● Supplied data:

>>>>>

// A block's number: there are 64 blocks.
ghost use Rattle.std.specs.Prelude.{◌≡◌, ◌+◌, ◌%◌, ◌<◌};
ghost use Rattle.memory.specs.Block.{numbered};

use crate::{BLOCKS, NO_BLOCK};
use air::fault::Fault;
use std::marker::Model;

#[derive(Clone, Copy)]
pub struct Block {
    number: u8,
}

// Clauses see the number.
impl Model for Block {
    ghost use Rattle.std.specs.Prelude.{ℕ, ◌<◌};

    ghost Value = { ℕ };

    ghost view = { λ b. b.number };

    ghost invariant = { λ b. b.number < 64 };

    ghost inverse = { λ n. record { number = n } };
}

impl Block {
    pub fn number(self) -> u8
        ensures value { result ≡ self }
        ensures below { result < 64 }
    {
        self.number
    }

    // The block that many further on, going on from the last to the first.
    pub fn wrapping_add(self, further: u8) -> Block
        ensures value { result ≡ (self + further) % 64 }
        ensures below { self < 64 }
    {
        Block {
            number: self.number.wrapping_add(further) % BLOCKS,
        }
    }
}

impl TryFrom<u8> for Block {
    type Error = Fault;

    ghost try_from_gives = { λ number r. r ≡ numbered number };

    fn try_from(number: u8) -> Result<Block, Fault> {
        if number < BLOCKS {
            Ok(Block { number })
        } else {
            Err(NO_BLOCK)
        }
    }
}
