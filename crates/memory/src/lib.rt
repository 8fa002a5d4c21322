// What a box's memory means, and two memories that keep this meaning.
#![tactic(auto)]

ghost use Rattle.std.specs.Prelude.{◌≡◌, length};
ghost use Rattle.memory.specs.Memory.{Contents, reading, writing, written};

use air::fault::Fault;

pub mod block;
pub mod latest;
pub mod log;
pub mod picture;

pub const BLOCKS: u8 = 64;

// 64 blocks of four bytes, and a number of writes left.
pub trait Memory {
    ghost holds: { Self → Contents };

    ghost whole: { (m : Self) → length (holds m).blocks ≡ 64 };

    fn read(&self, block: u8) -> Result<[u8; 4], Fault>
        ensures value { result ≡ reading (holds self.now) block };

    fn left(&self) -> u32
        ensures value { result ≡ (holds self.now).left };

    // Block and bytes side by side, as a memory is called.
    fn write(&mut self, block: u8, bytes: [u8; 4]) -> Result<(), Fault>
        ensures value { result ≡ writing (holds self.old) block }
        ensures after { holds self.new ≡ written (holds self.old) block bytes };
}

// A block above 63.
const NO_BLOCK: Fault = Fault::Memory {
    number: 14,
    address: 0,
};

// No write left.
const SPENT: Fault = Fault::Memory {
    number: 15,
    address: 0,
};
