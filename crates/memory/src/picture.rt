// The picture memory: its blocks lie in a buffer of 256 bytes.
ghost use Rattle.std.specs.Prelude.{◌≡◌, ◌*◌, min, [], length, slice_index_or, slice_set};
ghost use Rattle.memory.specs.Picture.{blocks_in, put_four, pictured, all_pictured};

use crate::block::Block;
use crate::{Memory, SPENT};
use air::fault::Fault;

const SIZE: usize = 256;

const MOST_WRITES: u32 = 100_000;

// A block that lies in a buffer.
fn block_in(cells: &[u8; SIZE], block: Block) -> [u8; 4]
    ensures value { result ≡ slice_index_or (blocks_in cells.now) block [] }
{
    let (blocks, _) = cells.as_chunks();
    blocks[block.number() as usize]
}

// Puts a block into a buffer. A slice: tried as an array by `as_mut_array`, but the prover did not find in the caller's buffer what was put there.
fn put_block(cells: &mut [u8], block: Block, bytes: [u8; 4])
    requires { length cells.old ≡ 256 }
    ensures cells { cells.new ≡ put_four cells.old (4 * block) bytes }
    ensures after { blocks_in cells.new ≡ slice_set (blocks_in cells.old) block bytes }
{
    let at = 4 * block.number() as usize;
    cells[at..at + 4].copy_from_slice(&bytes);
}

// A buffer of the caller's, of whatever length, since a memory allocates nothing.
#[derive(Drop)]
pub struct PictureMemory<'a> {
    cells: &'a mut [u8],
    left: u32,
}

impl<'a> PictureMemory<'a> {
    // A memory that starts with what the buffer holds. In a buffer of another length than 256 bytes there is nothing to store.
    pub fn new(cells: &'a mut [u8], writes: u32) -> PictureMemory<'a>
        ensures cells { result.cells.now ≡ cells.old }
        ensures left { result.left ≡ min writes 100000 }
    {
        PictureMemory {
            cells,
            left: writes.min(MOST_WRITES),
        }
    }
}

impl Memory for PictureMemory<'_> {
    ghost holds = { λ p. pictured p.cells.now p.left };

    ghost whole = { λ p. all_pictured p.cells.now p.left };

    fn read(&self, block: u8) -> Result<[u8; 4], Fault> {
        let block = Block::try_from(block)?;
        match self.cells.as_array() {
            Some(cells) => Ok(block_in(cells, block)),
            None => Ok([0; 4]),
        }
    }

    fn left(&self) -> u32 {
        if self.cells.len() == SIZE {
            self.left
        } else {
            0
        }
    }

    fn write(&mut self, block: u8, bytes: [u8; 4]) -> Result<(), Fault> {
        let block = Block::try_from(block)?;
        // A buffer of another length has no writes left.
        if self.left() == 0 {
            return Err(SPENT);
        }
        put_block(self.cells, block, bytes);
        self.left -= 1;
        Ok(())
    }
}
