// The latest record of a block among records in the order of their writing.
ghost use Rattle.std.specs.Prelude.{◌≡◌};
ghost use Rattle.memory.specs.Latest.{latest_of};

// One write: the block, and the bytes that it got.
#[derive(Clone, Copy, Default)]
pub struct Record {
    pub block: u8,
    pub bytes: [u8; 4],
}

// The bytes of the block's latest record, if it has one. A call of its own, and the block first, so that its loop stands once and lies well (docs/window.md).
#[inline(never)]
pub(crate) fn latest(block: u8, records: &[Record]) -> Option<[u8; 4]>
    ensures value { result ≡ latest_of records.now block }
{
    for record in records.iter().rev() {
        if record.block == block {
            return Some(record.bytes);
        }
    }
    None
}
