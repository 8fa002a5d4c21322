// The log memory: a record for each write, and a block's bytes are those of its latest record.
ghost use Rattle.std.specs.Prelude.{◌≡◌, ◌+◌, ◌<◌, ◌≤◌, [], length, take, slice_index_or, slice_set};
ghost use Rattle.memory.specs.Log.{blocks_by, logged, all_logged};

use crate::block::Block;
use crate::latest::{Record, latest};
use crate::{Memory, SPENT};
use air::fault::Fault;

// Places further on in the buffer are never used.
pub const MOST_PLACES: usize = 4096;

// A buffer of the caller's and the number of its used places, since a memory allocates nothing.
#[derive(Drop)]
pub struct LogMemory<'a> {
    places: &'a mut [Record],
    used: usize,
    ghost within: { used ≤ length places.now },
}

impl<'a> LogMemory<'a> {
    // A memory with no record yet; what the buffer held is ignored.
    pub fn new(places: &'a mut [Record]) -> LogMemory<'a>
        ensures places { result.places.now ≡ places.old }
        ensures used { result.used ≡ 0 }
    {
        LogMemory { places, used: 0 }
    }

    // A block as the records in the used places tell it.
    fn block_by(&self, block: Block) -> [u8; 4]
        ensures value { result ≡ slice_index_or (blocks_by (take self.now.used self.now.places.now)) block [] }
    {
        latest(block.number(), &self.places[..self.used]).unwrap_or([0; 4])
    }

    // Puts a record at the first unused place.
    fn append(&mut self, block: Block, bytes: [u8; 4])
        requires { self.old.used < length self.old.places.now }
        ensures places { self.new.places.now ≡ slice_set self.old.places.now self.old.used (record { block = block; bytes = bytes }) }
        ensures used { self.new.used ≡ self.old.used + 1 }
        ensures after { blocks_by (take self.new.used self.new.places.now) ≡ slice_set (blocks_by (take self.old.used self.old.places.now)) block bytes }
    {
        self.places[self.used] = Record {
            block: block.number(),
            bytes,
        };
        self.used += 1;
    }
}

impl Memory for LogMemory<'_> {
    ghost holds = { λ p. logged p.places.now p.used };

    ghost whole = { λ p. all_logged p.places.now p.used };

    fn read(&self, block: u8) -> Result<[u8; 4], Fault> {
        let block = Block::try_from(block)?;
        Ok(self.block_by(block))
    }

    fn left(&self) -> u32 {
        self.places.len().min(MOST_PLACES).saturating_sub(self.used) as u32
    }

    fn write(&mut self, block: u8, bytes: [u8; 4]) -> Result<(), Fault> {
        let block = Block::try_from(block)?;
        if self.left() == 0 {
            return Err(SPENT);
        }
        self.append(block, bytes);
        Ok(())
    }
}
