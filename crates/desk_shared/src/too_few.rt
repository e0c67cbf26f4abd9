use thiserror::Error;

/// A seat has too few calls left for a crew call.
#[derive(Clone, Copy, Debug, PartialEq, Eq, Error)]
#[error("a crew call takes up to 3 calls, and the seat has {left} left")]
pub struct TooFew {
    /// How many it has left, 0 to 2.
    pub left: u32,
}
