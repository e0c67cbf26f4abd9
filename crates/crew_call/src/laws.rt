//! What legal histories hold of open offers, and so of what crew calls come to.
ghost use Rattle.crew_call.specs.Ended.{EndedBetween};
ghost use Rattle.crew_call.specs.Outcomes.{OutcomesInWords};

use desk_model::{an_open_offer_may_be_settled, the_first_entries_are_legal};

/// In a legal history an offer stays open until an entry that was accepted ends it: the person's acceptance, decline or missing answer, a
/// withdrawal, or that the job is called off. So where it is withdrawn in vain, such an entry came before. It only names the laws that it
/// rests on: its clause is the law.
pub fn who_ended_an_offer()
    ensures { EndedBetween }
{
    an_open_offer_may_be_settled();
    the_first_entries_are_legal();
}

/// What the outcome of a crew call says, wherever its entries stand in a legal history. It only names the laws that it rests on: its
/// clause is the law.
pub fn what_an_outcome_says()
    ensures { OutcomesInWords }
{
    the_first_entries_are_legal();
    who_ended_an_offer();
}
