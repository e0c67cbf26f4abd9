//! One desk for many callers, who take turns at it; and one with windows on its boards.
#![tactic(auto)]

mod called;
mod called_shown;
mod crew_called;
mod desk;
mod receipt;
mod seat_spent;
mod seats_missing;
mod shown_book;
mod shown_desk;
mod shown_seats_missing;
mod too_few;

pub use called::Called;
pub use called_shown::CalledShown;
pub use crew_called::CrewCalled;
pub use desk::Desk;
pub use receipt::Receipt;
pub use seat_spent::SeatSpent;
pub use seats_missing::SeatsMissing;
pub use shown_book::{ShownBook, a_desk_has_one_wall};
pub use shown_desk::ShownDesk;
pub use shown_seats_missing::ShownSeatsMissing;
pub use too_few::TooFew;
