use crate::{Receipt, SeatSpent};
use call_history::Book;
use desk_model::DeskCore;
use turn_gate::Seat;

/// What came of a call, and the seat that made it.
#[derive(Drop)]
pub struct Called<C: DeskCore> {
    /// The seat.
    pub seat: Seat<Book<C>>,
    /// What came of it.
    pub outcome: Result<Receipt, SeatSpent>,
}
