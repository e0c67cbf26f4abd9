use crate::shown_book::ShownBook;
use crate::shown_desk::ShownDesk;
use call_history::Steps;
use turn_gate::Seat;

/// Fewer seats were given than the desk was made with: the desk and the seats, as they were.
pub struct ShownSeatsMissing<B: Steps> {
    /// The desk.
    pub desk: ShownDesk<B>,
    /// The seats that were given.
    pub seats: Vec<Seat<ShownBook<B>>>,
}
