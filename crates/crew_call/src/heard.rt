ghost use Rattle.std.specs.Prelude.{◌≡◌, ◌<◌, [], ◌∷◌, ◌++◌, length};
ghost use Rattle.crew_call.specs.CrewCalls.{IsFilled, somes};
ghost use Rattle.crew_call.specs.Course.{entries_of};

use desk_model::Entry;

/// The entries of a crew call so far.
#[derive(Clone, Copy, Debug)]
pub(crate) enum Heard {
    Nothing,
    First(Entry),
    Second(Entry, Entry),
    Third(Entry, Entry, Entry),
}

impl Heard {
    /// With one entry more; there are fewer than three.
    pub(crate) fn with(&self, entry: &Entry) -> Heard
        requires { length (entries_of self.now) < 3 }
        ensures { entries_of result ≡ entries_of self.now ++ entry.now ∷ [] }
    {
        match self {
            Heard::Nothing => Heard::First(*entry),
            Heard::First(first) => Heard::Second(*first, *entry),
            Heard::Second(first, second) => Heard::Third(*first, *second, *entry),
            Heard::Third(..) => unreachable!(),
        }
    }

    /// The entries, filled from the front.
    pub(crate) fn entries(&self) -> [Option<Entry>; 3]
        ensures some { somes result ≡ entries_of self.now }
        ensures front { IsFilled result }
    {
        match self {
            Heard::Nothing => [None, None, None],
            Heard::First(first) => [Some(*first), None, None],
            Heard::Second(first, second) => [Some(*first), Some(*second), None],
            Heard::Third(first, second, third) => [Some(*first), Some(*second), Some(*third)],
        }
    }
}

<<<<<

● Activity: Send back the lines of the records word for word, from the very first through the line containing "impl TryFrom<u8> for".

● Task solution:
// A block's number: there are 64 blocks.
ghost use Rattle.std.specs.Prelude.{◌≡◌, ◌+◌, ◌%◌, ◌<◌};
ghost use Rattle.memory.specs.Block.{numbered};

use crate::{BLOCKS, NO_BLOCK};
use air::fault::Fault;
use std::marker::Model;

#[derive(Clone, Copy)]
pub struct Block {
    number: u8,
}

// Clauses see the number.
impl Model for Block {
    ghost use Rattle.std.specs.Prelude.{ℕ, ◌<◌};

    ghost Value = { ℕ };

    ghost view = { λ b. b.number };

    ghost invariant = { λ b. b.number < 64 };

    ghost inverse = { λ n. record { number = n } };
}

impl Block {
    pub fn number(self) -> u8
        ensures value { result ≡ self }
        ensures below { result < 64 }
    {
        self.number
    }

    // The block that many further on, going on from the last to the first.
    pub fn wrapping_add(self, further: u8) -> Block
        ensures value { result ≡ (self + further) % 64 }
        ensures below { self < 64 }
    {
        Block {
            number: self.number.wrapping_add(further) % BLOCKS,
        }
    }
}

impl TryFrom<u8> for Block {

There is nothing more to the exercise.